小崽子玩火自焚还不自知,张万尧直呼头疼,沉了口气问:“你找心理医生做什麽?”
难得啊,我们张大律师还能问起这个,唐捐摇头晃脑:“你现在可以啊,有长进。”
“别废话,赶紧说”
真是不经夸,唐捐吸溜完最後一口牛奶,从桌上拿了包蟹黄蚕豆吃,边嚼边说:“这个案子的当事人患有重度抑郁症,今天凌晨闹着要自杀,人还在医院,我过两天去看。”
“男的女的?”
“女的,十八岁,总裁千金,还想问啥?”
“注意分寸,别把自己搭进去。”
“好的,遵命,什麽时候回来?”
“明天。”
“几点飞机,我去接你。”
“不用。”
“爱用不用。”
唐捐小脸一拉就按了挂键。
第二天一大早,唐捐吃了早餐就窝在书房看网上关于言媚的谣言,还有各种侮辱性留言,经过之前事件的历练,他自以为内心足够强大,可看到那些毫无根据的谩骂和侮辱,每读一条都好像在胸口扎了一刀。
萧颜说言魅他二叔已经删了大量的帖子,剩下这些都是虾兵蟹将,以前骂得更凶。
言媚一开始还会发文反击,想要自证清白,可她发现网友并不买账,反而变本加厉,开始攻击她的家人。
也是在这种不断地自证和自我怀疑中,言媚患上了抑郁症。
光一个视频下面就有成千上万条留言,更何况当时被多家营销号转发,有些还是百万粉丝的大V,物以类聚,人以群分,底下全是污秽不堪的言论,还有拿来编成段子当笑料看,等于在言媚的伤口上撒盐再划一刀。
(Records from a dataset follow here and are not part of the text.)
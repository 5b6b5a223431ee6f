// Compactions of a tree: which are declined and why, what is left of old snapshots, and a store that fails.
use crate::flushes::KEPT;
use crate::rows::Row::{Does, Has, Shows};
use crate::rows::{Count, Row, TOO_OLD};
use crate::samples::Edge;
use crate::scripts::Opening::Failing;
use crate::scripts::Part::{Merge, Plays, Reopen};
use crate::scripts::{Alike, End, Script, play_alike, play_all};
use crate::steps::Step::{Compact, Del, Flush, Set};
use crate::steps::Told::{Declined, Done, Installed, Job, Nothing, Number, Refused};
use crate::works::{Kind, Work};
use lsm_state::{Fault, Why};

/// a = x (0), a flush (1), a major compaction (2), a is removed (3), a flush (4).
const REMOVED: [Row; 5] = [
    Does(Set("a", "x"), Number(0)),
    Does(Flush(0), Done),
    Does(Compact(Work::Major(0)), Installed),
    Does(Del("a"), Number(3)),
    Does(Flush(0), Done),
];

const EVICTIONS: [Script; 3] = [
    (
        "a major compaction evicts below its watermark",
        &[
            Plays(&REMOVED),
            Plays(&[
                Does(Compact(Work::Major(5)), Installed),
                Has(Count::Tables, 0),
                Shows("a", 4, TOO_OLD),
                Shows("a", 5, ""),
                Shows("a", 6, ""),
            ]),
        ],
    ),
    (
        "without a watermark both entries stay",
        &[
            Plays(&REMOVED),
            Plays(&[
                Does(Compact(Work::Major(0)), Installed),
                Has(Count::Tables, 1),
                Has(Count::Entries, 2),
                Shows("a", 6, ""),
                Shows("a", 3, "x"),
            ]),
        ],
    ),
    (
        "newer entries never come below older ones",
        &[Plays(&[
            Does(Set("a", "1"), Number(0)),
            Does(Flush(0), Done),
            Does(Compact(Work::Choose(Kind::Move, &[0], 5)), Installed),
            Does(Set("a", "2"), Number(3)),
            Does(Flush(0), Done),
            Does(
                Compact(Work::Choose(Kind::Move, &[1], 6)),
                Declined(Why::Order),
            ),
            Does(
                Compact(Work::Choose(Kind::Move, &[1], 7)),
                Declined(Why::NoSuchLevel),
            ),
            Shows("a", 5, "2"),
            Shows("a", 2, "1"),
        ])],
    ),
];

// ---- reasons

/// Two values of a, each flushed: tables 0 and 1, of which 1 is the newer.
const TWICE: [Row; 4] = [
    Does(Set("a", "1"), Number(0)),
    Does(Flush(0), Done),
    Does(Set("a", "2"), Number(2)),
    Does(Flush(0), Done),
];

/// The first value of a moved to level 6, and a second one above it.
const BELOW: [Row; 5] = [
    Does(Set("a", "1"), Number(0)),
    Does(Flush(0), Done),
    Does(Compact(Work::Choose(Kind::Move, &[0], 6)), Installed),
    Does(Set("a", "2"), Number(3)),
    Does(Flush(0), Done),
];

/// Keys a, b and c, each in a table of its own.
pub const THREE: [Row; 6] = [
    Does(Set("a", "x"), Number(0)),
    Does(Flush(0), Done),
    Does(Set("b", "x"), Number(2)),
    Does(Flush(0), Done),
    Does(Set("c", "x"), Number(4)),
    Does(Flush(0), Done),
];

/// What is answered to choices of `TWICE`; the counter stays as it was.
const OF_TWICE: Alike = Alike {
    begin: &[Plays(&TWICE)],
    scripts: &[
        (
            "a move of what overlaps",
            &[Plays(&[Does(
                Compact(Work::Choose(Kind::Move, &[0, 1], 6)),
                Declined(Why::Overlap),
            )])],
        ),
        (
            "a move to no level",
            &[Plays(&[Does(
                Compact(Work::Choose(Kind::Move, &[0], 7)),
                Declined(Why::NoSuchLevel),
            )])],
        ),
        (
            "a merge to no level",
            &[Plays(&[Does(
                Compact(Work::Choose(Kind::Merge, &[0], 7)),
                Declined(Why::NoSuchLevel),
            )])],
        ),
        (
            "a move of what isn't there",
            &[Plays(&[Does(
                Compact(Work::Choose(Kind::Move, &[2], 6)),
                Declined(Why::Missing),
            )])],
        ),
        (
            "a drop of what isn't there",
            &[Plays(&[Does(
                Compact(Work::Choose(Kind::Drop, &[2], 0)),
                Declined(Why::Missing),
            )])],
        ),
        (
            "a move below an older table",
            &[Plays(&[Does(
                Compact(Work::Choose(Kind::Move, &[1], 6)),
                Declined(Why::Order),
            )])],
        ),
    ],
    end: &[Plays(&[Has(Count::Next, 4)])],
};

/// Of `BELOW`, likewise.
const OF_BELOW: Alike = Alike {
    begin: &[Plays(&BELOW)],
    scripts: &[
        (
            "a move beside an older table",
            &[Plays(&[Does(
                Compact(Work::Choose(Kind::Move, &[1], 6)),
                Declined(Why::Eviction),
            )])],
        ),
        (
            "a merge beside an older table",
            &[Plays(&[Does(
                Compact(Work::Choose(Kind::Merge, &[1], 6)),
                Declined(Why::Eviction),
            )])],
        ),
        (
            "a merge of both",
            &[Plays(&[Does(Compact(Work::Choose(Kind::Merge, &[0, 1], 6)), Job)])],
        ),
    ],
    end: &[Plays(&[Has(Count::Next, 5)])],
};

/// Of `THREE`, likewise.
const OF_THREE: Alike = Alike {
    begin: &[Plays(&THREE)],
    scripts: &[(
        "a merge around a third",
        &[Plays(&[Does(
            Compact(Work::Choose(Kind::Merge, &[0, 2], 6)),
            Declined(Why::Gap),
        )])],
    )],
    end: &[Plays(&[Has(Count::Next, 6)])],
};

// ---- open merges

/// A third value of a, flushed.
const THIRD: [Row; 2] = [Does(Set("a", "3"), Number(4)), Does(Flush(0), Done)];

const OPEN: [Script; 5] = [
    // What is in use is left alone until the merge is given up.
    (
        "tables of an open merge are hidden",
        &[
            Plays(&BELOW),
            Merge(
                &[0, 1],
                6,
                End::GivenUp(&[
                    Has(Count::Compacting, 1),
                    Does(Compact(Work::Major(0)), Nothing),
                    Does(Compact(Work::DropRange(Edge::Open, Edge::Open)), Nothing),
                    Does(
                        Compact(Work::Choose(Kind::Move, &[0], 6)),
                        Declined(Why::Hidden),
                    ),
                ]),
                Nothing,
            ),
            Plays(&[Has(Count::Compacting, 0), Has(Count::Next, 5)]),
        ],
    ),
    // `Busy`, until the merge is given up.
    (
        "fifo waits for an open merge of its only run",
        &[
            Plays(&KEPT),
            Merge(
                &[0],
                6,
                End::GivenUp(&[Does(Compact(Work::Fifo(1, None, 0)), Refused(16))]),
                Nothing,
            ),
            Plays(&[
                Has(Count::Tables, 1),
                Does(Compact(Work::Fifo(1, None, 0)), Installed),
                Has(Count::Tables, 0),
            ]),
        ],
    ),
    (
        "an overtaken merge into the first level is declined",
        &[
            Plays(&TWICE),
            Merge(&[0, 1], 0, End::Finished(&THIRD, &[]), Declined(Why::Order)),
            Plays(&[Shows("a", 6, "3"), Has(Count::Compacting, 0)]),
        ],
    ),
    (
        "a flush may come above a merge into a lower level",
        &[
            Plays(&TWICE),
            Merge(&[0, 1], 6, End::Finished(&THIRD, &[]), Installed),
            Plays(&[
                Shows("a", 6, "3"),
                Shows("a", 3, "2"),
                Shows("a", 1, "1"),
                Has(Count::Tables, 2),
                Has(Count::Runs, 1),
            ]),
        ],
    ),
    (
        "a job of another tree is unknown",
        &[
            Plays(&TWICE),
            Merge(&[0, 1], 6, End::Elsewhere, Declined(Why::UnknownJob)),
        ],
    ),
];

// ---- faults

/// A merge writes and syncs its table and `v2`, replaces `current`, and removes the file of its input: `AfterCommit`.
const FAILING: [Script; 1] = [(
    "the table that was merged isn't removed",
    &[
        Plays(&KEPT),
        Reopen(Failing(6, Fault::Once), 2),
        Plays(&[
            Does(Compact(Work::Major(0)), Refused(17)),
            Has(Count::Tables, 1),
            Shows("a", 3, "x"),
            Has(Count::Compacting, 0),
        ]),
    ],
)];

#[test]
fn entries_are_kept_as_long_as_needed(rt: HostRuntime) {
    play_all(&rt, rt.alloc(), &EVICTIONS);
    play_all(&rt, rt.alloc(), &OPEN);
}

#[test]
fn the_first_reason_is_told(rt: HostRuntime) {
    play_alike(&rt, rt.alloc(), &OF_TWICE);
    play_alike(&rt, rt.alloc(), &OF_BELOW);
    play_alike(&rt, rt.alloc(), &OF_THREE);
}

#[test]
fn a_merge_whose_store_fails_behind_its_commit_stands(rt: HostRuntime) {
    play_all(&rt, rt.alloc(), &FAILING);
}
不过现在都删的差不多了,唐捐又是电脑又是手机,忙活了大半天,终于在一家短视频平台上找到一条幸存的视频,一万多的点赞,两万多的转发,评论只有一千多条。
唐捐激动的直拍桌子,立马给言荣打了电话,说现在就去公证,言荣说她打电话给萧医生,看她姐能不能出来。
唐捐说必须得出来啊,这玩意儿等会儿可能就删了。
言荣那边连说了三个好。
他们到公证处是五点,还有一个小时人就下班了,言媚上身黑色连帽卫衣,蓝色宽松牛仔裤,又是墨镜又是口罩,把自己捂得严严实实。
唐捐在来的路上每隔三五分钟都要点开那个视频看一下,生怕它下一秒就被和谐掉了。
办理公证需要提交一堆证明资料,唐捐让言荣照顾好他姐,他拿着言媚的身份信息跑来跑去,最後赶下班前办好了相关手续,说十天以後过来取。
出了公证大厅,严家的司机在门口等,唐捐问要不要去吃点儿东西,言荣说他要回去做试卷,姐姐要回去做治疗。
“我想吃火锅。”
言媚从刚刚见面到现在说的第一句话。
“姐姐你肯吃东西啦,真的吗,那我陪你一起。”言荣感觉都要哭出来了,唐捐也是不可思议。
“这附近有家重庆火锅还不错,可以吗?”唐捐侧过头问。
言媚点头。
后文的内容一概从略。